The academic book of the future: just a change of delivery or something more?
A keynote speaker at a recent conference was particularly good. In the pub afterwards we were still talking about him. We envied his ability to distil complex ideas (Adorno et al) into an easily understood context for what he wanted to say. He provided his listeners with a shared idea of where he was going and when he got there he just delivered a few plainly stated propositions that made perfect sense and gave us more than enough food for thought. It was not until one member of the audience asked a question from which the word ‘paradigm’ tumbled that I noticed it had been free of academic jargon too: ‘trope’ was not mentioned once. We reflected that the best academic papers we had heard or read had the same qualities: they were relaxed, comprehensible and embraced readers and listeners in a shared, but often fairly intense endeavour to think deeply about a topic in a new way.
Why are such experiences relatively rare and why do they make their mark so strongly when they appear? Well, some academic questions cannot be given this treatment – the complications are inherent in the complexity of the subject. But this is not always the case; often it is because the weight of the academic tradition bears so heavily that it encourages a sort of professional self-consciousness that only the best feel sufficiently confident to cast aside.
These thoughts transmit easily to current debates about the future of the academic book. Many of the best and most enjoyable books I have encountered are academic, indeed the one I am reading at the moment (on fifteenth-century vocal music) is a real page-turner. But that is not really the issue. The academic book of the future is almost certainly going to be online and, if wisdom prevails, will be open access. Ideas about the business models that might enable such a future are difficult to contemplate, but that is only the start of it. The idea of the online ‘book’, rather than the academic project ‘website’ (which is not at all controversial), is attended by severe anxieties that are at heart cultural: for many it implies a step too far.
There is good evidence showing that some academics liberally use online sources when researching, but cite only hard copies in written output. Why is this? In the early days of the internet this may have been because protocols for citation were not well-established, but in those early days there was not a lot to cite anyway. The problem is that the printed book and its cataloguing by the great libraries of the world has status, gravitas, permanence and faithfulness to a core tradition in the academic humanities. Furthermore, printed academic books are personal, even emotional achievements, they mark stages in careers: physical trophies conferred with credence by publishers and peer review. That an online equivalent holds the potential to reach vastly more people and offer a host of accompanying benefits is not widely perceived as compensation for all that is implied by the printed book.
It should not surprise us that any move to online publishing should stir emotions for it is one of the momentous episodes in academic history, marked less by the challenges of the new as by the potential demise of the old, and there is a lot at stake for all the major players: publishers, academic institutions, writers and readers. Three factors seem to be at the foreground.
Firstly, for online, open access book publication to move forward there has to be a widely shared belief that the prevailing integrity of academic publications will be neither impaired nor perceived to be impaired.
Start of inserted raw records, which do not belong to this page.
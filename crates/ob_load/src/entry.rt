//! An entry of a module's table, and the parts of it that name something: its model, its
//! groups, its own name and its domain; each is found, or refused where it stands.

ghost use Rattle.std.specs.Prelude.{◌≡◌, ◌≢◌, ◌∷◌, [], codes, IfErr, IfOk, None, Ok, Err, Some, option_and_then};
ghost use Rattle.ob_base.specs.declared.place.PathStep.TheVariants.{Item, Key};
ghost use Rattle.ob_domain.specs.Over.{IsOver};
ghost use Rattle.ob_domain.specs.Trees.{tree_of_domain};
ghost use Rattle.ob_load.specs.Access as spec;
ghost use Rattle.ob_load.specs.AccessFaults as fits;
ghost use Rattle.ob_module.specs.Meaning.{text_at, word_at};
ghost use Rattle.ob_load.specs.Rooms.{IsOfText, Refuses, Tells};
ghost use Rattle.ob_schema.specs.Models.{HasModel, model_named};
ghost use Rattle.toml.specs.View.{view};

use crate::fault::{LoadFault, ModuleFault};
use crate::reading::refused_at;
use crate::scope::{GroupName, Scope, group_id, is_among};
use ob_base::limits::MAX_CHAR_BYTES;
use ob_base::{ModelNo, NoMemory, Place, RecId, Word};
use ob_domain::{Domain, DomainFault, Json, one_domain, read};
use ob_module::{AtKey, Form, ListOf, Wrong, str_at, word_at};
use ob_schema::Schema;
use std::alloc::Global;
use toml::Value;

/// An entry of a table, by its number there.
#[derive(Clone, Copy)]
pub(crate) struct Entry<'e> {
    pub(crate) table: &'static str,
    pub(crate) number: usize,
    pub(crate) value: &'e Value,
}

impl Scope<'_> {
    /// The model that an entry names, where there is one.
    pub(crate) fn model_of(&self, entry: Entry<'_>) -> Result<ModelNo, LoadFault>
        ensures named { IfOk result (λ model. model_named self.now.schema.now (word_at (codes "model") (view entry.entry.value.now)) ≡ Some model) }
        ensures there { IfOk result (HasModel self.now.schema.now) }
        ensures fault { Tells result (fits.form_fault self.now.owner.now (fits.in_entry entry.entry.table.now entry.entry.number
            (fits.model_is_there self.now.schema.now (view entry.entry.value.now)))) }
        ensures read { IfErr result IsOfText }
    {
        match self.schema.model(word_at(entry.value, "model")) {
            Some(model) => Ok(model),
            None => Err(self.refused_key(entry, "model")),
        }
    }

    /// The group that an access line names, if it names one, where there is that group.
    pub(crate) fn group_of(&self, entry: Entry<'_>) -> Result<Option<RecId>, LoadFault>
        ensures fits { IfOk result (λ _. fits.group_is_there self.now.groups.now (view entry.entry.value.now) ≡ None) }
        ensures found { IfOk result (λ group. group ≡ option_and_then (spec.group_id self.now.groups.now) (text_at (codes "group") (view entry.entry.value.now))) }
        ensures fault { Tells result (fits.form_fault self.now.owner.now (fits.in_entry entry.entry.table.now entry.entry.number
            (fits.group_is_there self.now.groups.now (view entry.entry.value.now)))) }
        ensures read { IfErr result IsOfText }
    {
        let Some(name) = str_at(entry.value, "group") else {
            return Ok(None);
        };
        match group_id(self.groups, name) {
            Some(id) => Ok(Some(id)),
            None => Err(self.refused_key(entry, "group")),
        }
    }

    /// Whether a list at a key of an entry names groups that there are; there need be none.
    pub(crate) fn test_groups(&self, entry: Entry<'_>, key: &'static str) -> Result<(), LoadFault>
        ensures fits { IfOk result (λ _. fits.groups_at key.now self.now.groups.now (view entry.entry.value.now) ≡ None) }
        ensures fault { Tells result (fits.form_fault self.now.owner.now (fits.in_entry entry.entry.table.now entry.entry.number
            (fits.groups_at key.now self.now.groups.now (view entry.entry.value.now)))) }
        ensures read { IfErr result IsOfText }
    {
        let groups = AtKey {
            key,
            form: ListOf {
                items: GroupName {
                    groups: self.groups,
                },
            },
        };
        match groups.wrong(self.alloc, entry.value)? {
            Some(wrong) => Err(self.refused(entry, wrong, ModuleFault::Form)),
            None => Ok(()),
        }
    }

    /// The full name of an entry, where it is none of those that are taken.
    pub(crate) fn free_name(&self, taken: &[Word], entry: Entry<'_>) -> Result<Word, LoadFault>
        ensures free { IfOk result (λ _. fits.name_is_free taken.now self.now.owner.now (view entry.entry.value.now) ≡ None) }
        ensures named { IfOk result (λ name. name ≡ spec.name_of self.now.owner.now (view entry.entry.value.now)) }
        ensures fault { Tells result (fits.form_fault self.now.owner.now (fits.in_entry entry.entry.table.now entry.entry.number
            (fits.name_is_free taken.now self.now.owner.now (view entry.entry.value.now)))) }
        ensures read { IfErr result IsOfText }
    {
        let name = self.name_of(entry.value)?;
        if is_among(taken, name.as_str()) {
            return Err(self.refused_key(entry, "name"));
        }
        Ok(name)
    }

    /// The full name of a group, where its row may have it and it is none of those that are
    /// taken.
    pub(crate) fn group_name(&self, taken: &[Word], entry: Entry<'_>) -> Result<Word, LoadFault>
        ensures fits { IfOk result (λ _. fits.name_fits taken.now self.now.owner.now (view entry.entry.value.now) ≡ None) }
        ensures named { IfOk result (λ name. name ≡ spec.name_of self.now.owner.now (view entry.entry.value.now)) }
        ensures fault { Tells result (fits.form_fault self.now.owner.now (fits.in_entry entry.entry.table.now entry.entry.number
            (fits.name_fits taken.now self.now.owner.now (view entry.entry.value.now)))) }
        ensures read { IfErr result IsOfText }
    {
        let name = self.name_of(entry.value)?;
        if name.as_str().len() > MAX_CHAR_BYTES {
            return Err(self.refused_key(entry, "name"));
        }
        self.free_name(taken, entry)
    }

    /// The domain of a rule over a model, where its text is one.
    pub(crate) fn domain_of(&self, model: ModelNo, entry: Entry<'_>) -> Result<Domain, LoadFault>
        requires { HasModel self.now.schema.now model }
        ensures told { IfOk result (λ domain. spec.domain_in self.now.schema.now model (word_at (codes "domain") (view entry.entry.value.now)) ≡ Ok (tree_of_domain domain)) }
        ensures over { IfOk result (λ domain. IsOver self.now.schema.now model (tree_of_domain domain)) }
        ensures fault { entry.entry.table.now ≡ codes "rule" → Tells result (fits.domain_fault self.now.owner.now entry.entry.number
            (spec.domain_in self.now.schema.now model (word_at (codes "domain") (view entry.entry.value.now)))) }
        ensures read { IfErr result IsOfText }
    {
        match domain_from(
            self.alloc,
            self.schema,
            model,
            word_at(entry.value, "domain"),
        ) {
            Ok(domain) => Ok(domain),
            Err(DomainFault::NoMemory) => Err(LoadFault::NoMemory),
            Err(fault) => {
                let whole = Wrong::here(self.alloc);
                Err(self.refused(entry, whole, ModuleFault::Domain(fault)))
            }
        }
    }

    /// What is told of a key of an entry that names nothing, or whose name is taken.
    pub(crate) fn refused_key(&self, entry: Entry<'_>, key: &str) -> LoadFault
        ensures told { Refuses (record { name = self.now.owner.now; place = Key entry.entry.table.now ∷ (Item entry.entry.number ∷ (Key key.now ∷ [])); fault = ModuleFault.Form }) result }
        ensures read { IsOfText result }
    {
        match Wrong::here(self.alloc).under_key(self.alloc, key) {
            Ok(wrong) => self.refused(entry, wrong, ModuleFault::Form),
            Err(NoMemory) => LoadFault::NoMemory,
        }
    }

    /// What is told of an entry in which something is wrong.
    pub(crate) fn refused(&self, entry: Entry<'_>, wrong: Wrong, fault: ModuleFault) -> LoadFault
        requires { fault ≢ ModuleFault.Absent }
        ensures told { Refuses (record { name = self.now.owner.now; place = Key entry.entry.table.now ∷ (Item entry.entry.number ∷ wrong); fault = fault }) result }
        ensures read { IsOfText result }
    {
        match entry_place(self.alloc, entry, wrong) {
            Ok(place) => refused_at(self.alloc, self.owner, place, fault),
            Err(NoMemory) => LoadFault::NoMemory,
        }
    }
}

/// The place of something in an entry, from the module on.
fn entry_place(alloc: Global, entry: Entry<'_>, wrong: Wrong) -> Result<Place, NoMemory>
    ensures { IfOk result (λ place. place ≡ Key entry.entry.table.now ∷ (Item entry.entry.number ∷ wrong)) }
{
    let wrong = wrong.under_item(entry.number as u64)?;
    wrong.under_key(alloc, entry.table)?.into_place(alloc)
}

/// The domain of a model that a text is, as JSON.
fn domain_from(
    alloc: Global,
    schema: &Schema,
    model: ModelNo,
    text: &str,
) -> Result<Domain, DomainFault>
    requires { HasModel schema.now model }
    ensures told { IfOk result (λ domain. spec.domain_in schema.now model text.now ≡ Ok (tree_of_domain domain)) }
    ensures over { IfOk result (λ domain. IsOver schema.now model (tree_of_domain domain)) }
    ensures fault { IfErr result (λ why. why ≢ DomainFault.NoMemory → spec.domain_in schema.now model text.now ≡ Err why) }
{
    one_domain();
    match Json::from_str(alloc, text) {
        Ok(json) => read(alloc, &json, schema, model),
        Err(error) if error.is_memory() => Err(DomainFault::NoMemory),
        Err(_) => Err(DomainFault::Shape(Place::whole(alloc))),
    }
}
Actually, there is scope to question whether the process that is supposed to guarantee this integrity is as sound as it is supposed to be anyway: it is a secretive system and one wonders how universal and rigorously exercised it is.
Secondly, there needs to be an acceptance that academic online book publication implies more than an alternative mode of delivery: it posits the possibility for a new species of academic product that is more flexible, containing greater opportunities for multimedia, linked data, and offering a place where discourses, resources and critique may stand side by side. It promises a more accessible democratised process for a potentially wider readership in whose interests the finest services of the World Wide Web can be harnessed.
And thirdly, national libraries need to find ways of elevating the presence of such publications in their cataloguing systems, perhaps by devising new data registration requirements for publishers and writers. This is one of the major challenges and its solution needs to be truly creative rather than merely administrative.
Writers and publishers will need to accept in their hearts as well as their minds that this mode of publication – if it is open access – holds the potential to reach a new global audience, in which vast numbers who presently have little scope for access to such material can be embraced and be part of communities of free and informed debate. Academics will be leaders in a process that is ultimately enlightening and liberating. In short the academic book of the future holds the potential to make public intellectuals of us all – in ways that are unprecedented.
Trevor Herbert is Emeritus Professor of Music at The Open University.